If not for ignorance, religious bigotry, and disinformation, the public-health metamorphosis, if not eradication of continuing irrational fears, would likely have happened far sooner.
Infections were once commonly death sentences
In the colonial Boston epidemic, 5,889 citizens contracted smallpox and 844 died between April and December. It was a terribly feared disease, commonly killing 30% of infected ethnic Europeans. A postscript: smallpox inflicted “sweeping epidemics among North American indigenous tribes, causing 25% to 50% mortality because they lacked European’s evolved genetic immunity and were thus far more susceptible to the virus’ lethality.
In 18th-century America (and worldwide), before effective vaccines and antibiotics, infectious disease was distressingly often a death sentence.
“By comparison, the vast majority of 21st-century Americans have neither contracted the mumps, measles, or rubella, nor do they know someone who has, making it harder for them to understand the consequences of not vaccinating,” the Post article noted.
Not to mention the conquering of polio and smallpox.

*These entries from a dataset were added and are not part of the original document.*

//! Exports the state of a link as plain data, and restores a link from it.

ghost use Rattle.std.specs.Prelude.{◌≡◌, ◌≢◌, ◌≤◌, ◌↔◌, false, IsTrue};
ghost use Rattle.lapdm_frame.specs.Content.{content_of_body, frame_of_view};
ghost use Rattle.lapdm_end.specs.Addresses.{spec_role_of};
ghost use Rattle.lapdm_datalink.specs.Links.{LinkState};
ghost use Rattle.lapdm_datalink.specs.DataLinks.{DataLinkState, IsDataLink, having_main};
ghost use Rattle.lapdm_datalink.specs.Abstraction as L;
ghost use Rattle.lapdm_datalink.specs.Abstraction.{Represents, IsAnswer, is_answer_kind, role_of, sapi_of, channel_of as link_channel};
ghost use Rattle.lapdm_datalink.specs.Parts.{values_of, values_of_parts, ValuesRepresent, SomeLinkHasValues, IsTimed};
ghost use Rattle.lapdm_datalink.specs.Parts.{IsAnswerBlock, HasAnswerBlockIfAny, IsAtSameAddress, CanBeRestored, IsWritable};
ghost use Rattle.lapdm_datalink.specs.Parts.{data_link_values_of, data_link_values_of_parts, RepresentDataLink, RepresentSomeDataLink};

use crate::data_links::DataLink;
use crate::links::{Link, sapi_number};
use lapdm_end::{Channel, EndpointView, Role, Sapi};
use lapdm_frame::{BLOCK_OCTETS, Body, FrameView, read_on, write_on};

/// The state of a link as plain data.
#[derive(Clone, Copy, Debug)]
pub struct LinkView<'a> {
    pub endpoint: EndpointView<'a>,
    /// T200 in slots, not 0.
    pub t200: u8,
    /// The answer that waits for a slot: a UA, DM, RR or REJ.
    pub answer: Option<[u8; BLOCK_OCTETS]>,
    /// Whether the frame that awaits an answer was sent.
    pub is_sent: bool,
    /// The slots until that frame is due, at most `t200`.
    pub clock: u8,
    /// Whether an I, RR, RNR or REJ was received in Open.
    pub heard: bool,
}

/// The state of a data link as plain data.
#[derive(Clone, Copy, Debug)]
pub struct DataLinkView<'a> {
    /// The link of SAPI 0.
    pub link0: LinkView<'a>,
    /// The link of SAPI 3.
    pub link3: LinkView<'a>,
    /// Whether a frame of SAPI 0 other than UI was received since the last slot.
    pub heard_sapi0: bool,
    /// On SACCH, whether the link of SAPI 0 on the main channel is established.
    pub is_main_established: bool,
}

fn is_answer_kind(body: &Body<'_>) -> bool
    ensures { result ≡ is_answer_kind (content_of_body body.now) }
{
    match *body {
        Body::Ua { .. } | Body::Dm { .. } | Body::Rr { .. } | Body::Rej { .. } => true,
        _ => false,
    }
}

// Returns whether the frame is an answer of a link with this role and SAPI.
fn is_answer(frame: &FrameView<'_>, role: Role, sapi: Sapi) -> bool
    ensures { IsTrue result ↔ IsAnswer (spec_role_of role) sapi (frame_of_view frame.now) }
{
    is_answer_kind(&frame.body)
        && frame.sapi == sapi_number(sapi)
        && frame.cr == (role == Role::Mobile)
}

// Returns whether the block is the coding of an answer of a link with this role, SAPI and channel.
fn is_answer_block(block: &[u8; BLOCK_OCTETS], role: Role, sapi: Sapi, channel: Channel) -> bool
    ensures { IsTrue result ↔ IsAnswerBlock (spec_role_of role) sapi channel block.now }
{
    match read_on(block, channel) {
        Err(_) => false,
        Ok(frame) => {
            if !is_answer(&frame, role, sapi) {
                return false;
            }
            write_on(&frame, channel) == *block
        }
    }
}

// Inlined, and the block is copied before it is lent: a view of which nothing is lent need not be written, and most links owe no answer.
#[inline(always)]
fn has_answer_block_if_any(parts: &LinkView<'_>) -> bool
    ensures { IsTrue result ↔ HasAnswerBlockIfAny (values_of_parts parts.now) }
{
    match &parts.answer {
        None => true,
        Some(block) => {
            let copy = *block;
            is_answer_block(
                &copy,
                parts.endpoint.role,
                parts.endpoint.sapi,
                parts.endpoint.window.channel,
            )
        }
    }
}

impl LinkView<'_> {
    /// Returns whether some link has this state.
    pub fn is_link(&self) -> bool
        ensures { IsTrue result ↔ SomeLinkHasValues (values_of_parts self.now) }
    {
        has_answer_block_if_any(self) && self.endpoint.is_endpoint()
    }
}

pub(crate) fn is_same_role(role: Role, other: Role) -> bool
    ensures { IsTrue result ↔ (spec_role_of role ≡ spec_role_of other) }
{
    match (role, other) {
        (Role::Mobile, Role::Mobile) | (Role::Network, Role::Network) => true,
        _ => false,
    }
}

// Returns whether this T200 is not 0, and the clock is not longer.
pub(crate) fn is_timed(t200: u8, clock: u8) -> bool
    ensures { IsTrue result ↔ IsTimed t200 clock }
{
    t200 != 0 && clock <= t200
}

impl Link {
    pub fn parts(&self) -> LinkView<'_>
        ensures values { values_of_parts result ≡ values_of self.now }
        ensures fits { IsWritable result }
    {
        LinkView {
            endpoint: self.endpoint.parts(),
            t200: self.t200,
            answer: self.answer,
            is_sent: self.is_sent,
            clock: self.clock,
            heard: self.heard,
        }
    }

    // Returns whether this state is that of a link with the same SAPI and channel.
    fn has_address_of(&self, parts: &LinkView<'_>) -> bool
        ensures { IsTrue result ↔ IsAtSameAddress self.now (values_of_parts parts.now) }
    {
        is_same_role(parts.endpoint.role, self.endpoint.role())
            && parts.endpoint.sapi == self.endpoint.sapi()
            && parts.endpoint.window.channel == self.endpoint.channel()
    }

    /// Restores a link from its state, whatever role, SAPI and channel it has. Returns false and changes nothing if no link can have this
    /// state.
    pub fn restore_any(&mut self, parts: &LinkView<'_>) -> bool
        ensures same { IsTrue result → values_of self.new ≡ values_of_parts parts.now }
        ensures represents { IsTrue result → (l : LinkState) → ValuesRepresent (values_of_parts parts.now) l → Represents self.new l }
        ensures valid { IsTrue result ↔ SomeLinkHasValues (values_of_parts parts.now) }
        ensures refused { result ≡ false → self.new ≡ self.old }
    {
        if !has_answer_block_if_any(parts) {
            return false;
        }
        if !self.endpoint.restore(&parts.endpoint) {
            return false;
        }
        self.t200 = parts.t200;
        self.answer = parts.answer;
        self.is_sent = parts.is_sent;
        self.clock = parts.clock;
        self.heard = parts.heard;
        true
    }

    /// Restores a link from its state. Returns false and changes nothing if no link with this SAPI and channel can have this state.
    pub fn restore(&mut self, parts: &LinkView<'_>) -> bool
        ensures same { IsTrue result → values_of self.new ≡ values_of_parts parts.now }
        ensures represents { IsTrue result → (l : LinkState) → ValuesRepresent (values_of_parts parts.now) l → Represents self.new l }
        ensures valid { IsTrue result ↔ CanBeRestored self.old (values_of_parts parts.now) }
        ensures refused { result ≡ false → self.new ≡ self.old }
        ensures role { role_of self.new ≡ role_of self.old }
        ensures sapi { sapi_of self.new ≡ sapi_of self.old }
        ensures channel { link_channel self.new ≡ link_channel self.old }
    {
        if !self.has_address_of(parts) {
            return false;
        }
        self.restore_any(parts)
    }
}

impl DataLink {
    ghost use Rattle.lapdm_datalink.specs.Sides.{link_of, other, channel_of, role_of as data_link_role, Represents as DataLinkRepresents};

    // Restores the link with this SAPI. Returns false and changes nothing if no link with this SAPI and the data link's channel can have
    // this state.
    fn restore_link(&mut self, sapi: Sapi, parts: &LinkView<'_>) -> bool
        ensures same { IsTrue result → values_of (link_of sapi self.new) ≡ values_of_parts parts.now }
        ensures represents { IsTrue result → (l : LinkState) → ValuesRepresent (values_of_parts parts.now) l
            → Represents (link_of sapi self.new) l }
        ensures valid { IsTrue result ↔ CanBeRestored (link_of sapi self.old) (values_of_parts parts.now) }
        ensures others { link_of (other sapi) self.new ≡ link_of (other sapi) self.old }
        ensures heard { self.new.heard_sapi0 ≡ self.old.heard_sapi0 }
        ensures main { self.new.is_main_established ≡ self.old.is_main_established }
        ensures role { data_link_role self.new ≡ data_link_role self.old }
        ensures channel { channel_of self.new ≡ channel_of self.old }
    {
        match sapi {
            Sapi::Zero => self.link0.restore(parts),
            Sapi::Three => self.link3.restore(parts),
        }
    }

    // Returns whether each link has a T200, and no clock that is longer.
    fn is_data_link(&self) -> bool
        ensures { (s : DataLinkState) → L.Represents self.now.link0 s.link0 → L.Represents self.now.link3 s.link3
            → IsTrue result ↔ IsDataLink s }
    {
        if !is_timed(self.link0.t200, self.link0.clock) {
            return false;
        }
        is_timed(self.link3.t200, self.link3.clock)
    }

    // Makes this a data link with this role and channel, whose link of SAPI 0 has an endpoint of this SAPI.
    fn move_to(&mut self, role: Role, channel: Channel, endpoint_sapi: Sapi)
        ensures role { data_link_role self.new ≡ spec_role_of role }
        ensures channel { channel_of self.new ≡ channel }
        ensures sapi { sapi_of self.new.link0 ≡ endpoint_sapi }
    {
        if is_same_role(role, self.role())
            && channel == self.channel()
            && endpoint_sapi == self.link0.endpoint_sapi()
        {
            return;
        }
        *self = DataLink::with_endpoint(endpoint_sapi, role, channel, 1, 1);
    }

    /// Restores a data link from its state. Returns false if no data link can have this state; this data link then has to be restored
    /// again.
    pub fn restore(&mut self, parts: &DataLinkView<'_>) -> bool
        ensures same { IsTrue result → data_link_values_of self.new ≡ data_link_values_of_parts parts.now }
        ensures represents { IsTrue result
            → (s : DataLinkState) → RepresentDataLink (data_link_values_of_parts parts.now) s → DataLinkRepresents self.new s }
        ensures valid { IsTrue result ↔ RepresentSomeDataLink (data_link_values_of_parts parts.now) }
    {
        let end = &parts.link0.endpoint;
        self.move_to(end.role, end.window.channel, end.sapi);
        if !self.restore_link(Sapi::Zero, &parts.link0) {
            return false;
        }
        if !self.restore_link(Sapi::Three, &parts.link3) {
            return false;
        }
        self.heard_sapi0 = parts.heard_sapi0;
        self.is_main_established = parts.is_main_established;
        self.is_data_link()
    }

    /// Says whether the link of SAPI 0 on the main channel is established.
    pub fn set_main_established(&mut self, is_established: bool)
        ensures represents { (s : DataLinkState) → DataLinkRepresents self.old s
            → DataLinkRepresents self.new (having_main is_established s) }
        ensures role { data_link_role self.new ≡ data_link_role self.old }
        ensures channel { channel_of self.new ≡ channel_of self.old }
    {
        self.is_main_established = is_established;
    }

    pub fn parts(&self) -> DataLinkView<'_>
        ensures values { data_link_values_of_parts result ≡ data_link_values_of self.now }
        ensures fits0 { IsWritable result.link0 }
        ensures fits3 { IsWritable result.link3 }
    {
        DataLinkView {
            link0: self.link0.parts(),
            link3: self.link3.parts(),
            heard_sapi0: self.heard_sapi0,
            is_main_established: self.is_main_established,
        }
    }
}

As of early March this year, 79.3 million Americans had contracted Covid-19 and nearly a million (958,625) had died from it. That’s just shy of the 1.1 million Americans combined who have perished in all U.S. wars throughout our history.
Yet, tens of millions of Americans, putting fellow citizens at grave risk, continue to refuse vaccination to protect against coronavirus, as vaccines undeniably do.
And often they, as many Americans did in 1721, condemn vaxxing as playing God.
What sort of callous deity, if unwilling or unable to stop this scourge Himself, would forbid us from doing it if we could (we could and can)—in 1721 or 2022.
The death of Ben Franklin’s son, Franky
A postscript: Benjamin and his wife, Deborah, were inoculated against smallpox, but when another smallpox epidemic hit Boston in 1736, they chose not to inoculate their toddler son, Francis, because he was sick with a cold and they feared he would be vulnerable to side effects of the intervention.
But his son, known as Franky, soon sickened with the virus and died.
“This is the great tragedy of Franklin’s life,” New York Times writer David Leonhardt wrote in a subscriber newsletter about what filmmaker Ken Burns once told him. “Deborah and Benjamin Franklin were just beset by this mistake they made even though it was completely understandable.”
Many, many Americans are still making the same often fatal mistake, however well-intentioned. The filmmaker’s “powerful” new documentary, “Benjamin Franklin”, airs on PBS next month.
Keep in mind that the vast majority of American hospitalizations and deaths due to COVID are of unvaccinated patients. People who have received three doses of a COVID-19 vaccine or a booster are 93.4% less likely to die of the virus than the unvaccinated, according to a new U.K. study released in February.
So, if you haven’t already, get vaccinated. Because, if we don’t make wise decisions, as I said earlier, the more things change, the more they unfortunately will stay the same.